In particular, limited issuance by health care firms and utilities provides room for spread compression, they added.

“It’s a great opportunity for non-cyclicals to outperform,” Meghan Robson, head of U.S. credit strategy, said in an interview. “We think cyclicals are overrated.”

The week in review

  • Traders are betting on continued easing by the US central bank after it cut interest rates by half a percentage point on Wednesday – its first cut in four years. The historic move ended weeks of speculation about whether the Federal Reserve would begin its easing cycle with a quarter or half point cut.

    • The reduction is supportive of credit spreads in general, but will encourage corporate bond issuance – particularly from high-yield issuers.
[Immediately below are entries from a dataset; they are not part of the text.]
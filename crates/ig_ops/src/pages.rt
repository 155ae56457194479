//! Pages of rows that lie elsewhere.

ghost use Rattle.std.specs.Prelude.{◌≡◌, ◌-◌, ◌^◌, ◌++◌, min, length, take, drop};
ghost use Rattle.ig_value.specs.Part.{truth};
ghost use Rattle.ig_value.specs.Spells.{scalar_bytes};
ghost use Rattle.ig_ops.specs.Views.{page_bytes, row_bytes};
ghost use Rattle.ig_ops.specs.PageMarks.{IsPageMark};

use crate::page_mark::PageMark;
use crate::pair_fields::PairFields;
use crate::put_page::{put_page, put_truth};
use ig_caches::Pair;
use ig_encode::{Output, ValueOutput};
use ig_fields::{Message, message_len, message_part, put_each};

/// A page of rows.
#[derive(Drop)]
struct PageBody<'a> {
    cursor: Option<i64>,
    rows: &'a [Pair],
    more: bool,
}

impl Message for PageBody<'_> {
    ghost bytes = { λ page. page_bytes page.cursor page.rows.now page.more };

    fn put<S: ValueOutput>(&self, out: &mut S, into: &mut [u8]) {
        put_page(self.cursor, self.rows, self.more, out, into);
    }
}

/// The last rows of a page, and whether more are left.
#[derive(Drop)]
struct PageEnd<'a> {
    rows: &'a [Pair],
    more: bool,
}

impl Message for PageEnd<'_> {
    ghost bytes = { λ page. row_bytes page.rows.now ++ scalar_bytes truth page.more };

    fn put<S: ValueOutput>(&self, out: &mut S, into: &mut [u8]) {
        put_each::<PairFields, S>(self.rows, out, into);
        put_truth(self.more, out, into);
    }
}

/// The number of bytes of the page; it saturates at `u128::MAX`. The first page of a scan has its
/// cursor. Takes no memory.
pub fn page_len(cursor: Option<i64>, rows: &[Pair], more: bool) -> u128
    ensures { result ≡ min (length (page_bytes cursor rows.now more)) (2 ^ 128 - 1) }
{
    message_len(&PageBody { cursor, rows, more })
}

/// Fills the slice with the bytes of the page from an offset on. Answers how many bytes it filled: the
/// slice's length, or what is left of the page, whichever is less. Takes no memory.
///
/// It walks the rows before the offset; [`page_from`] doesn't.
pub fn page_part(
    cursor: Option<i64>,
    rows: &[Pair],
    more: bool,
    from: u64,
    into: &mut [u8],
) -> usize
    ensures count { result ≡ min (length into.old) (length (page_bytes cursor rows.now more) - from) }
    ensures bytes { into.new
        ≡ take result (drop from (page_bytes cursor rows.now more)) ++ drop result into.old }
{
    message_part(&PageBody { cursor, rows, more }, from, into)
}

/// Does what [`page_part`] does, and passes over the rows before the mark. Takes no memory.
///
/// Whoever shows a page piece by piece moves the mark to the end of each piece
/// ([`PageMark::advance`]): then a piece costs the time of its own rows.
pub fn page_from(
    cursor: Option<i64>,
    rows: &[Pair],
    more: bool,
    mark: &PageMark,
    from: u64,
    into: &mut [u8],
) -> usize
    requires { IsPageMark cursor rows.now mark.now }
    ensures count { result ≡ min (length into.old) (length (page_bytes cursor rows.now more) - from) }
    ensures bytes { into.new
        ≡ take result (drop from (page_bytes cursor rows.now more)) ++ drop result into.old }
{
    if from < mark.before {
        return page_part(cursor, rows, more, from, into);
    }
    let end = PageEnd {
        rows: &rows[mark.row..],
        more,
    };
    message_part(&end, from - mark.before, into)
}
The cut is likely to favor borrowers at the beginning of the yield curve, rather than the tail end, according to market participants polled by Bloomberg.

    • Spreads on credit derivatives fell on Wednesday after the move, to their lowest level since the pandemic

    • However, Fed Governor Michelle Bowman warns that the 50 basis point cut “could be interpreted as a premature declaration of victory” over inflation.
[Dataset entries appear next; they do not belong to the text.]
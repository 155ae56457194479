//! Reading the fields of requests, by their shape.

ghost use Rattle.std.specs.Prelude.{◌≡◌, ◌≤◌, ℕ, ℤ, List, [], ◌∷◌, length, Some};
ghost use Rattle.std.specs.List.{list_any, flat_map};
ghost use Rattle.ig_value.specs.declared.Value.{Value as a_value};
ghost use Rattle.ig_caches.specs.declared.call.Call.{Call as a_call};
ghost use Rattle.ig_caches.specs.declared.request.Request.{Request as a_request};
ghost use Rattle.ig_caches.specs.declared.request.Request.TheVariants.{Scan as a_scan, Run as a_run};
ghost use Rattle.ig_caches.specs.declared.call.Call.TheVariants.{PutAll as a_put_all};
ghost use Rattle.ig_fields.specs.ReadingFields.{is_null as null_test};
ghost use Rattle.ig_fields.specs.AsksRightly.{asked, served};
ghost use Rattle.ig_fields.specs.AskAnswers.{AnswersAs, Makes, unless_refused};
ghost use Rattle.ig_ops.specs.Requests.{pair_values, null_refused, null_among, scan_refused, cache_ask, key_ask, two_ask, three_ask, keys_ask, pairs_ask, modes_ask, scan_ask, cursor_ask};

use crate::pair_fields::PairFields;
use ig_base::{Items, Octets};
use ig_caches::{Call, Pair, Request};
use ig_fields::{UnlessNull, ask_fields, is_null, read_asked};
use ig_value::Value;
use ig_wire::{AskFault, Profile};
use std::alloc::Global;

/// A cache and flags.
type CacheFields = (i32, u8);

/// A cache and a key.
type KeyFields = (CacheFields, Value);

/// A cache and two values.
type TwoFields = (CacheFields, (Value, Value));

/// A cache and three values.
type ThreeFields = (CacheFields, (Value, (Value, Value)));

/// A cache and keys.
type KeysFields = (CacheFields, Items<Value>);

/// A cache and keys with their values.
type PairsFields = (CacheFields, Items<PairFields>);

/// A cache and modes.
type ModesFields = (CacheFields, Items<u8>);

/// A cache, a filter with its platform, a page size, a partition, and whether the scan is local.
type ScanFields = (CacheFields, (UnlessNull<u8>, (i32, (i32, u8))));

/// A request on a cache alone.
pub(crate) fn ask_cache<C: FnOnce(i32) -> Call>(
    alloc: Global,
    body: &[u8],
    call: C,
) -> Result<Request, AskFault>
    requires long { 10 ≤ length body.now }
    requires call { C.IsAlwaysCallable call }
    ensures { (f : ℤ → a_call) → Makes (C.post call) f
        → AnswersAs (asked (Some (cache_ask f)) body.now) result }
{
    let (cache, _) = ask_fields::<CacheFields>(alloc, body)?;
    Ok(Request::Run(call(cache)))
}

/// The request to run the call, unless one of its keys and values is null.
fn run_unless(null: bool, call: Call) -> Result<Request, AskFault>
    ensures { result ≡ served (a_run call) (null_refused null) }
{
    if null {
        drop(call);
        return Err(AskFault::Profile(Profile::NullItem));
    }
    Ok(Request::Run(call))
}

/// A request on one key.
pub(crate) fn ask_key<C: FnOnce((i32, Value)) -> Call>(
    alloc: Global,
    body: &[u8],
    call: C,
) -> Result<Request, AskFault>
    requires long { 10 ≤ length body.now }
    requires call { C.IsAlwaysCallable call }
    ensures { (f : ℤ → a_value → a_call) → Makes (C.post call) (λ x. f x.0 x.1)
        → AnswersAs (asked (Some (key_ask f)) body.now) result }
{
    let ((cache, _), key) = ask_fields::<KeyFields>(alloc, body)?;
    let null = is_null(&key);
    run_unless(null, call((cache, key)))
}

/// Whether one of the two is null.
fn is_null_among_two(key: &Value, value: &Value) -> bool
    ensures { result ≡ list_any null_test (key.now ∷ value.now ∷ []) }
{
    is_null(key) || is_null(value)
}

/// Whether one of the three is null.
fn is_null_among_three(key: &Value, wanted: &Value, value: &Value) -> bool
    ensures { result ≡ list_any null_test (key.now ∷ wanted.now ∷ value.now ∷ []) }
{
    is_null(key) || is_null_among_two(wanted, value)
}

/// A request with a key and a value, or a wanted value.
pub(crate) fn ask_two<C: FnOnce((i32, Value, Value)) -> Call>(
    alloc: Global,
    body: &[u8],
    call: C,
) -> Result<Request, AskFault>
    requires long { 10 ≤ length body.now }
    requires call { C.IsAlwaysCallable call }
    ensures { (f : ℤ → a_value → a_value → a_call) → Makes (C.post call) (λ x. f x.0 x.1 x.2)
        → AnswersAs (asked (Some (two_ask f)) body.now) result }
{
    let ((cache, _), (key, value)) = ask_fields::<TwoFields>(alloc, body)?;
    let null = is_null_among_two(&key, &value);
    run_unless(null, call((cache, key, value)))
}

/// A request with a key, a wanted value and a value.
pub(crate) fn ask_three<C: FnOnce((i32, Value, Value, Value)) -> Call>(
    alloc: Global,
    body: &[u8],
    call: C,
) -> Result<Request, AskFault>
    requires long { 10 ≤ length body.now }
    requires call { C.IsAlwaysCallable call }
    ensures { (f : ℤ → a_value → a_value → a_value → a_call)
        → Makes (C.post call) (λ x. f x.0 x.1 x.2 x.3)
        → AnswersAs (asked (Some (three_ask f)) body.now) result }
{
    let ((cache, _), (key, (wanted, value))) = ask_fields::<ThreeFields>(alloc, body)?;
    let null = is_null_among_three(&key, &wanted, &value);
    run_unless(null, call((cache, key, wanted, value)))
}

/// Whether one of the values is null.
fn any_null(values: &[Value]) -> bool
    ensures { result ≡ list_any null_test values.now }
{
    values.iter().any(|value| is_null(value))
}

/// Whether one of the keys and values is null.
fn any_null_pair(pairs: &[Pair]) -> bool
    ensures { result ≡ list_any null_test (flat_map pair_values pairs.now) }
{
    pairs
        .iter()
        .any(|pair| is_null_among_two(&pair.key, &pair.value))
}

/// A request on keys.
pub(crate) fn ask_keys<C: FnOnce((i32, Items<Value>)) -> Call>(
    alloc: Global,
    body: &[u8],
    call: C,
) -> Result<Request, AskFault>
    requires long { 10 ≤ length body.now }
    requires call { C.IsAlwaysCallable call }
    ensures { (f : ℤ → List a_value → a_call) → Makes (C.post call) (λ x. f x.0 x.1)
        → AnswersAs (asked (Some (keys_ask f)) body.now) result }
{
    let ((cache, _), keys) = ask_fields::<KeysFields>(alloc, body)?;
    let null = any_null(keys.as_slice());
    run_unless(null, call((cache, keys)))
}

/// The call that sets keys with their values, unless one of them is null.
fn pairs_request(cache: i32, pairs: Items<Pair>) -> Result<Request, Profile>
    ensures { result ≡ unless_refused (a_run (a_put_all cache pairs)) (null_among (flat_map pair_values pairs)) }
{
    if any_null_pair(pairs.as_slice()) {
        return Err(Profile::NullItem);
    }
    Ok(Request::Run(Call::PutAll { cache, pairs }))
}

/// The request that sets keys with their values.
pub(crate) fn ask_pairs(alloc: Global, body: &[u8]) -> Result<Request, AskFault>
    requires { 10 ≤ length body.now }
    ensures { AnswersAs (asked (Some pairs_ask) body.now) result }
{
    read_asked::<PairsFields, Request, _>(
        alloc,
        body,
        |((cache, _), pairs)| pairs_request(cache, pairs),
    )
}

/// The request for the number of rows.
pub(crate) fn ask_modes(alloc: Global, body: &[u8]) -> Result<Request, AskFault>
    requires { 10 ≤ length body.now }
    ensures { AnswersAs (asked (Some modes_ask) body.now) result }
{
    let ((cache, _), modes) = ask_fields::<ModesFields>(alloc, body)?;
    let modes = Octets::new(modes.into_std());
    Ok(Request::Run(Call::Size { cache, modes }))
}

/// The request for a scan's first page, unless it has a filter, no room for a row, or a partition.
fn scan_unless(filtered: bool, cache: i32, page: i32, partition: i32) -> Result<Request, AskFault>
    ensures { result ≡ served (a_scan cache page) (scan_refused filtered page partition) }
{
    if filtered {
        return Err(AskFault::Profile(Profile::Filter));
    }
    if page < 1 {
        return Err(AskFault::Profile(Profile::PageSize));
    }
    if partition >= 0 {
        return Err(AskFault::Profile(Profile::Partition));
    }
    Ok(Request::Scan { cache, page })
}

/// The request for a scan.
pub(crate) fn ask_scan(alloc: Global, body: &[u8]) -> Result<Request, AskFault>
    requires { 10 ≤ length body.now }
    ensures { AnswersAs (asked (Some scan_ask) body.now) result }
{
    let ((cache, _), (filter, (page, (partition, _)))) = ask_fields::<ScanFields>(alloc, body)?;
    let filtered = filter.is_some();
    drop(filter);
    scan_unless(filtered, cache, page, partition)
}

/// A request on a cursor.
pub(crate) fn ask_cursor<C: FnOnce(i64) -> Request>(
    alloc: Global,
    body: &[u8],
    ask: C,
) -> Result<Request, AskFault>
    requires long { 10 ≤ length body.now }
    requires call { C.IsAlwaysCallable ask }
    ensures { (f : ℤ → a_request) → Makes (C.post ask) f
        → AnswersAs (asked (Some (cursor_ask f)) body.now) result }
{
    let cursor = ask_fields::<i64>(alloc, body)?;
    Ok(ask(cursor))
}
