//! Requests, read and written.

ghost use Rattle.std.specs.Prelude.{◌≡◌, ◌≢◌, ◌↔◌, ◌<◌, ◌≤◌, ◌^◌, ◌++◌, true, length, IsTrue, IfOk, Ok};
ghost use Rattle.ig_base.specs.Frames.{Frame, max_body};
ghost use Rattle.ig_fields.specs.Ask.{row_at};
ghost use Rattle.ig_fields.specs.AsksRightly.{AsksRightly, asked};
ghost use Rattle.ig_fields.specs.AskAnswers.{AnswersAs};
ghost use Rattle.ig_ops.specs.Requests.{ask_of, ask_body, IsOpsRequest, IsServed};

use crate::ask_body::AskBody;
use crate::ask_shapes::{
    ask_cache, ask_cursor, ask_key, ask_keys, ask_modes, ask_pairs, ask_scan, ask_three, ask_two,
};
use ig_base::{NoMemory, Octets};
use ig_caches::{Call, Request};
use ig_fields::append_frame;
use ig_wire::{AskFault, Operation};
use std::alloc::Global;

/// The request that the fields ask for which come after the ten bytes of a request's head. `op` is the
/// code of its operation; offsets count from the frame's first length byte. The request can be served:
/// its call can be run if the body has less than 2^31 bytes. It never is `Run` of `Call::Scan`.
///
/// # Errors
///
/// [`AskFault::NotMine`] exactly if the operation isn't one of this crate, [`AskFault::Unread`] exactly
/// if the fields don't read or bytes follow them, [`AskFault::Profile`] exactly if they read and ask what
/// isn't served: a null key, value or wanted value, or a scan with a filter, a page size below 1, or a
/// partition; and [`AskFault::NoMemory`] if memory runs out.
pub fn read_fields(alloc: Global, op: i16, body: &[u8]) -> Result<Request, AskFault>
    requires { 10 ≤ length body.now }
    ensures right { AsksRightly (row_at ask_of op) body.now result }
    ensures reads { AnswersAs (asked (row_at ask_of op) body.now) result }
    ensures known { IfOk result IsOpsRequest }
    ensures served { length body.now < 2 ^ 31 → IfOk result IsServed }
{
    match Operation::of(op) {
        Some(operation) => read_asked_by(alloc, operation, body),
        None => Err(AskFault::NotMine),
    }
}

/// The same by the operation.
fn read_asked_by(alloc: Global, operation: Operation, body: &[u8]) -> Result<Request, AskFault>
    requires { 10 ≤ length body.now }
    ensures { AnswersAs (asked (ask_of operation) body.now) result }
{
    match operation {
        Operation::Get => ask_key(alloc, body, |(cache, key)| Call::Get { cache, key }),
        Operation::Put => ask_two(
            alloc,
            body,
            |(cache, key, value)| Call::Put { cache, key, value },
        ),
        Operation::PutIfAbsent => ask_two(
            alloc,
            body,
            |(cache, key, value)| Call::PutIfAbsent { cache, key, value },
        ),
        Operation::GetAll => ask_keys(alloc, body, |(cache, keys)| Call::GetAll { cache, keys }),
        Operation::PutAll => ask_pairs(alloc, body),
        Operation::GetAndPut => ask_two(
            alloc,
            body,
            |(cache, key, value)| Call::GetAndPut { cache, key, value },
        ),
        Operation::GetAndReplace => ask_two(
            alloc,
            body,
            |(cache, key, value)| Call::GetAndReplace { cache, key, value },
        ),
        Operation::GetAndRemove => ask_key(
            alloc,
            body,
            |(cache, key)| Call::GetAndRemove { cache, key },
        ),
        Operation::GetAndPutIfAbsent => ask_two(
            alloc,
            body,
            |(cache, key, value)| Call::GetAndPutIfAbsent { cache, key, value },
        ),
        Operation::Replace => ask_two(
            alloc,
            body,
            |(cache, key, value)| Call::Replace { cache, key, value },
        ),
        Operation::ReplaceIfEquals => ask_three(
            alloc,
            body,
            |(cache, key, wanted, value)| Call::ReplaceIfEquals {
                cache,
                key,
                wanted,
                value,
            },
        ),
        Operation::ContainsKey => ask_key(
            alloc,
            body,
            |(cache, key)| Call::ContainsKey { cache, key },
        ),
        Operation::ContainsKeys => ask_keys(
            alloc,
            body,
            |(cache, keys)| Call::ContainsKeys { cache, keys },
        ),
        Operation::Clear => ask_cache(alloc, body, |cache| Call::Clear { cache }),
        Operation::ClearKey => ask_key(alloc, body, |(cache, key)| Call::ClearKey { cache, key }),
        Operation::ClearKeys => ask_keys(
            alloc,
            body,
            |(cache, keys)| Call::ClearKeys { cache, keys },
        ),
        Operation::RemoveKey => ask_key(alloc, body, |(cache, key)| Call::RemoveKey { cache, key }),
        Operation::RemoveIfEquals => ask_two(
            alloc,
            body,
            |(cache, key, wanted)| Call::RemoveIfEquals { cache, key, wanted },
        ),
        Operation::RemoveKeys => ask_keys(
            alloc,
            body,
            |(cache, keys)| Call::RemoveKeys { cache, keys },
        ),
        Operation::RemoveAll => ask_cache(alloc, body, |cache| Call::RemoveAll { cache }),
        Operation::GetSize => ask_modes(alloc, body),
        Operation::Scan => ask_scan(alloc, body),
        Operation::NextPage => ask_cursor(alloc, body, |cursor| Request::NextPage { cursor }),
        Operation::CloseResource => ask_cursor(alloc, body, |resource| Request::Close { resource }),
        _ => Err(AskFault::NotMine),
    }
}

/// Appends the frame of the request, unless its body is above the limit of frames. Answers whether it
/// did. Where it did not, and on an error, the bytes are as before. Flags are 0, a scan has no filter and
/// no partition, and isn't local.
pub fn write_ask(
    alloc: Global,
    id: i64,
    request: &Request,
    out: &mut Octets,
) -> Result<bool, NoMemory>
    requires { IsOpsRequest request.now }
    ensures when { IfOk result (λ done. IsTrue done
        ↔ (length (ask_body id request.now) ≤ max_body)) }
    ensures done { result ≡ Ok true → out.new ≡ out.old ++ Frame (ask_body id request.now) }
    ensures unchanged { result ≢ Ok true → out.new ≡ out.old }
{
    append_frame(alloc, &AskBody { id, request }, out)
}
    • In other central bank news, the Bank of England kept rates unchanged and warned investors that it would be in no rush to ease monetary policy

  • Wall Street banks burned two years ago after backing big corporate buyouts and ending up with tens of billions of dollars of “suspended debt” are now back for more, preparing to underwrite more LBOs European ones.

  • Companies taking advantage of lower funding costs to win better terms on existing debt or eliminate maturities borrowed the most from the U.S. leveraged loan market in seven years.
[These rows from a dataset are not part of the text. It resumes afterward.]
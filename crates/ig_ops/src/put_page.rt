//! Putting pages.

ghost use Rattle.std.specs.Prelude.{◌≡◌, ◌++◌};
ghost use Rattle.ig_value.specs.Part.{truth};
ghost use Rattle.ig_value.specs.Spells.{scalar_bytes};
ghost use Rattle.ig_fields.specs.FieldBytes.{listed_bytes};
ghost use Rattle.ig_ops.specs.Views.{pair_bytes, cursor_bytes};

use crate::pair_fields::PairFields;
use ig_caches::Pair;
use ig_encode::{Output, ValueOutput, put_byte, put_i64};
use ig_fields::put_items;

/// Puts a truth value: the byte 0 or 1.
pub(crate) fn put_truth<S: ValueOutput>(yes: bool, out: &mut S, into: &mut [u8])
    ensures { (out.new, into.new) ≡ S.Output.after out.old into.old (scalar_bytes truth yes) }
{
    put_byte(if yes { 1 } else { 0 }, out, into);
}

/// Puts the rows of a page with their count, and whether more are left.
fn put_rows<S: ValueOutput>(rows: &[Pair], more: bool, out: &mut S, into: &mut [u8])
    ensures { (out.new, into.new)
        ≡ S.Output.after out.old into.old (listed_bytes pair_bytes rows.now ++ scalar_bytes truth more) }
{
    put_items::<PairFields, S>(rows, out, into);
    put_truth(more, out, into);
}

/// Puts a page: its cursor, if it has one, its rows, and whether more are left.
pub(crate) fn put_page<S: ValueOutput>(
    cursor: Option<i64>,
    rows: &[Pair],
    more: bool,
    out: &mut S,
    into: &mut [u8],
)
    ensures { (out.new, into.new) ≡ S.Output.after out.old into.old
        (cursor_bytes cursor ++ (listed_bytes pair_bytes rows.now ++ scalar_bytes truth more)) }
{
    match cursor {
        Some(cursor) => {
            put_i64(cursor, out, into);
            put_rows(rows, more, out, into)
        }
        None => put_rows(rows, more, out, into),
    }
}
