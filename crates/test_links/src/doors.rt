// A door in memory.
use io_traits::{Both, Door, DoorFault, ListDoor, Source, TextSink, TextSource};
use std::alloc::Global;
use std::test::Fail;

// A link whose source has one byte.
fn short_link(alloc: Global, byte: u8) -> Result<Both<TextSource, TextSink>, Fail> {
    Ok(Both {
        source: TextSource::new(Vec::from_array(alloc, [byte])?, Vec::new(alloc)),
        sink: TextSink::new(alloc, Vec::new(alloc)),
    })
}

// What a door gives next: the first byte of a link, the end, or a fault.
fn next_of<D: Door>(door: &mut D) -> Result<Option<u8>, DoorFault> {
    let Some(mut link) = door.next_link()? else {
        return Ok(None);
    };
    let mut out = [0; 1];
    let _ = link.read_some(&mut out);
    Ok(Some(out[0]))
}

#[test]
fn a_door_gives_its_links_and_fails_where_listed(rt: HostRuntime) -> Result<(), Fail> {
    let alloc = rt.alloc();
    let mut links = Vec::new(alloc);
    links.push(short_link(alloc, b'a')?)?;
    links.push(short_link(alloc, b'b')?)?;
    let mut door = ListDoor::new(links, Vec::from_array(alloc, [1u64])?);
    assert_eq!(rt; next_of(&mut door), Ok(Some(b'a')));
    assert_eq!(rt; next_of(&mut door), Err(DoorFault));
    assert_eq!(rt; next_of(&mut door), Ok(Some(b'b')));
    assert_eq!(rt; next_of(&mut door), Ok(None));
    assert_eq!(rt; next_of(&mut door), Ok(None));
    Ok(())
}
  • Liquidators of China Evergrande Group, the world’s most indebted builder, are returning to a Hong Kong court as they seek to liquidate a subsidiary with key assets.

  • UBS Group AG is leading a $1.15 billion financing package to support Vista Equity Partners’ acquisition of software company Jaggaer, beating out direct lenders that were also competing for the deal.

  • Apollo Global Management Inc. has secured $5 billion in fresh firepower from BNP Paribas SA as it looks to grow a key lending business, digging deeper into terrain once dominated by banks.

  • A much larger share of managers in the $1 trillion U.S. collateralized loan market are able to buy and sell loans more freely than once feared after a wave of refinancing and resets pushed back the clock on reinvestment limits.

  • In the world of private credit, the capital markets arm of KKR & Co. led a financing for USIC Holdings to help repay generally syndicated debt, while Oak Hill Advisors provided $775 million to support Carlyle Group Inc.’s acquisition of Worldpac and Alegeus. Technologies aims to get about $75 million in interest savings by refinancing the private loan that Vista Equity Partners used to take the company private in 2018.

  • Tupperware filed for bankruptcy after years of struggling with declining sales and increasing competition.

  • Bankrupt trucker Yellow Corp. and its hedge fund owners lost a key court ruling on more than $6.5 billion in debt the pension funds say the defunct company owes them, likely wiping out most of the shareholder recovery.

  • Bausch Health Cos. is working with Jefferies Financial Group to explore refinancing some of its debt to support a long-planned spin-off of its stake in eye care company Bausch + Lomb.

In motion

  • BlackRock Inc. is reviewing its private credit business. The firm is establishing a new division, Global Direct Lending, appointing Stephan Caron, head of the European middle market private debt business, to lead it. Jim Keenan, global head of BlackRock’s private debt business, will leave the firm next year, as will Raj Vig, co-head of US private equity.

  • Silver Point Capital has hired Joseph McElwee from Investcorp as head of capital markets secured loan obligations and structuring.

  • Jefferies Financial Group Inc. hired former Citigroup Inc. banker Simon Francis in a newly created role leading its debt financing business in Europe, the Middle East and Africa.

  • Fidelity Investments has recruited former Vista Credit Partners executive Lendell Thompson as it continues to expand into the private credit market. He will be managing director in the firm’s direct lending team.

–With assistance from Dan Wilchins and James Crombie.